Their natural response is to retaliate with aggression of their own.
The initial intention can sometimes be misunderstood.

When someone points out a flaw in one's thinking or actions, it's not the same as challenging someone to a fight.
It may be someone trying to be helpful.
It may just be on the same level as telling someone that they have a booger in their nose.

4 comments:

Anonymous said...

Well I have to agree primarily because I am used to brutal honesty. Sometimes it's embarrassing but most of the time it's just the way it is. In my neighborhood the older cats used to beat us up and chase us down the streets sometimes to 2 to 3 am in the summer. People would always think it was gang related but really they were like our older brothers so it was a fun bonding experience that we enjoyed.

From the outside it always looks cruel, aggressive and even gang related but most of the time its just the customs of the neighborhood. This is why people get beat the hell up for jumping into things they know nothing about. Next time the white lady runs saying gangs chase her ass and throw a trash can at her so it can be true! LOL

RunningMom said...

This story was GREAT! The shenanigans!

I agree that different groups (not necessarily based on race, but sometimes it is) do communicate in different styles. In business - majority rules. If you work in a company where they yell and swear and that's normal - you don't have to do it, just don't be offended if everyone else does.

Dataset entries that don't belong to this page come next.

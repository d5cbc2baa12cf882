ghost use Rattle.std.specs.Prelude.{◌≡◌, ◌<◌, MatchOption, IfSome, true, length, drop};
ghost use Rattle.c_lexer.specs.Bytes.{is_blank, is_gap, starts_word, continues_word, may_start_word};
ghost use Rattle.c_lexer.specs.Units.{consists_of, is_name};
ghost use Rattle.c_lexer.specs.Prefixes.{IsLongest, NonePasses, NoMorePasses, Passes};

use bstr::decode_utf8;

/// Whether the byte may stand between any two tokens.
pub fn is_blank(byte: u8) -> bool
    ensures { result ≡ is_blank byte }
{
    matches!(byte, b' ' | 9..=13)
}

/// Whether the byte may stand between the parts of a directive.
pub fn is_gap(byte: u8) -> bool
    ensures { result ≡ is_gap byte }
{
    matches!(byte, b' ' | b'\t')
}

/// Whether a name may begin with the byte, as far as the byte alone says.
pub fn may_start_word(byte: u8) -> bool
    ensures { result ≡ may_start_word byte }
{
    byte.is_ascii_alphabetic() || byte == b'_' || byte >= 128
}

fn starts_word(character: char) -> bool
    ensures { result ≡ starts_word character }
{
    if character.is_ascii() {
        character.is_ascii_alphabetic() || character == '_'
    } else {
        unicode_ident::is_xid_start(character)
    }
}

fn continues_word(character: char) -> bool
    ensures { result ≡ continues_word character }
{
    if character.is_ascii() {
        character.is_ascii_alphanumeric() || character == '_'
    } else {
        unicode_ident::is_xid_continue(character)
    }
}

/// How many bytes at the start are characters that a word may go on with.
pub fn continue_len(bytes: &[u8]) -> usize
    ensures { IsLongest (consists_of continues_word) bytes.now result }
{
    let mut at = 0;
    while at < bytes.len() {
        let (_, rest) = bytes.split_at(at);
        match next_len(rest) {
            Some(len) => at += len,
            None => return at,
        }
    }
    at
}

/// The length of the character in front, where a word may go on with it.
fn next_len(rest: &[u8]) -> Option<usize>
    ensures next { MatchOption result (NoMorePasses (consists_of continues_word) rest.now) (Passes (consists_of continues_word) rest.now) }
    ensures some { IfSome result (λ n. 0 < n) }
{
    let (first, len) = decode_utf8(rest);
    match first {
        Some(character) => {
            if continues_word(character) {
                Some(len)
            } else {
                None
            }
        }
        None => None,
    }
}

/// The length of the name in front, or none where no name begins.
pub fn name_len(rest: &[u8]) -> Option<usize>
    ensures { MatchOption result (NonePasses is_name rest.now) (IsLongest is_name rest.now) }
{
    let (first, len) = decode_utf8(rest);
    match first {
        Some(character) => {
            if starts_word(character) {
                let (_, tail) = rest.split_at(len);
                Some(len + continue_len(tail))
            } else {
                None
            }
        }
        None => None,
    }
}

If you work in a company where everyone is mild mannered and polite and kind, you will stand out if you start cursing and yelling to get your point across.

Doesn't mean you can't be you - but sometimes adaptation to your environment is necessary for survival.

When you are the one running the show - you get to pick the "culture" of your company and the personalites of the people you hire.

But hopefully they won't be tackling each other to prove a point, lol!

DPizz said...

I enjoy how you use colorful descriptions of events from your own life to illustrate your points.

While these "cultural" differences are the source of a lot of misunderstanding, they also can be the source of some good amusement and appreciation of differences between cultures.

uglyblackjohn said...

@ Freeman - Yep, most people should just let the big dogs fight - unless they want to be bitten.
I just seem to run into trouble (here in this small town) with people who can't take a joke.
I'm automatically assumed to be looking down on people. But I'm saying things TO a person - not ABOUT them. It's taken a while for them to get use to my humor. Especially people who have some sort of title.

@ RunningMom - It's usually more culturally based than race. Race is just an easy example.

@ DPizz - Yeah... while not color blind, most people were color tolerant... no, people would bag on anyone. As long as it was funny, most people would just laugh and give props where they were due.
A lot of white people here are shocked when I talk ish about them. An the ish is funny.